Each build taught something specific — motor direction failures, ESC protocol mismatches, blackbox analysis, PID tuning. The hobby is genuinely educational in a way that feels more hands-on than most software work.
What I Postponed
The spectrometer project was mid-build when I found FPV. I had a working visible-light spectrometer on a Raspberry Pi with TOSLINK fiber coupling, a calibrated pipeline, and plans for a fiber-optic front end for backscattering experiments.
That project is still in the lab. The fiber optics work is progressing slowly, the 405nm and 535nm laser experiments are ongoing, and the software has evolved considerably — but the pace dropped when FPV arrived. I have no regret about this. You can only be obsessed with one thing at a time, and right now FPV is that thing.

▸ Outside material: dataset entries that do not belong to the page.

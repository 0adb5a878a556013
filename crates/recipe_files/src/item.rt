use cu_base::{Blob, Guid, Items, Text};
use std::marker::Model;

/// An image item of a recipe. Contracts see the record of its fields, which keep the rules of their
/// keys.
#[derive(Drop)]
pub struct RecipeItem {
    /// Version of the image header, 1 to 3 (UEFI 2.10, 23.3.2). 1 or 2 needs `auth` and no `dep`.
    pub header: u32,
    /// UpdateImageTypeId.
    pub type_id: Guid,
    /// UpdateImageIndex.
    pub index: u8,
    /// UpdateHardwareInstance, below 2^63; 0 in a header of version 1.
    pub instance: u64,
    /// Whether the update image begins with authentication data.
    pub auth: bool,
    /// FwVersion of the payload header.
    pub fw_version: u32,
    /// LowestSupportedVersion of the payload header.
    pub lowest: u32,
    /// The input that is the payload: 1 to 64 bytes of 0x21 to 0x7E.
    pub payload: Text,
    /// The vendor code.
    pub vendor: Blob,
    /// MonotonicCount of the authentication data, below 2^63.
    pub monotonic: u64,
    /// CertType of the authentication data.
    pub cert_type: Guid,
    /// CertData of the authentication data.
    pub cert: Blob,
    /// The dependency section, if there is one.
    pub dep: Option<Blob>,
}

impl Model for RecipeItem {
    ghost use Rattle.recipe_files.specs.Recipes.{ItemValue, IsItem, item};

    ghost Value = { ItemValue };

    ghost view = { λ i. item i.header i.type_id i.index i.instance i.auth i.fw_version i.lowest
        i.payload i.vendor i.monotonic i.cert_type i.cert i.dep };

    ghost invariant = { λ i. IsItem (item i.header i.type_id i.index i.instance i.auth i.fw_version
        i.lowest i.payload i.vendor i.monotonic i.cert_type i.cert i.dep) };
}

/// A list of items.
pub type RecipeItems = Items<RecipeItem>;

A follow-up article on the spectrometer is planned. The short version: TOSLINK plastic fiber fluoresces strongly under 405nm UV, which rules out fluorescence spectroscopy through that pathway, and Windows doesn't expose 10-bit video from the camera with adequate exposure control, which means the handheld device needs to be redesigned for a proper fiber optic front end before the fluorescence work can continue.
Why FPV Connects
I am not primarily interested in FPV as a filming tool or a sport. What keeps me engaged is the systems work: RF link design, noise analysis, GPS signal integrity, motor timing, PID theory. Every build is a small embedded systems project with real physics at stake.
The Pavo20 GPS problem is a genuine RF engineering problem. The ELRS link budget question is antenna theory. Blackbox analysis is signal processing. The community is full of people who fix things empirically, which is the fastest kind of engineering.
And the flying is genuinely fun. That part surprised me more than anything else.
What's Coming
The spectrometer article will be a proper technical post — fiber optics, beam splitter geometry, backscattering experiments, why TOSLINK was the wrong choice, what 300µm fiber splitters do better. I'll get to it when the GPS problem is solved or when I run out of new things to break.
In the meantime: the Pavo20 still can't find GPS satellites reliably, the BabyApe is waiting on a flight controller I can trust outdoors, and I'm running out of excuses to not try INAV.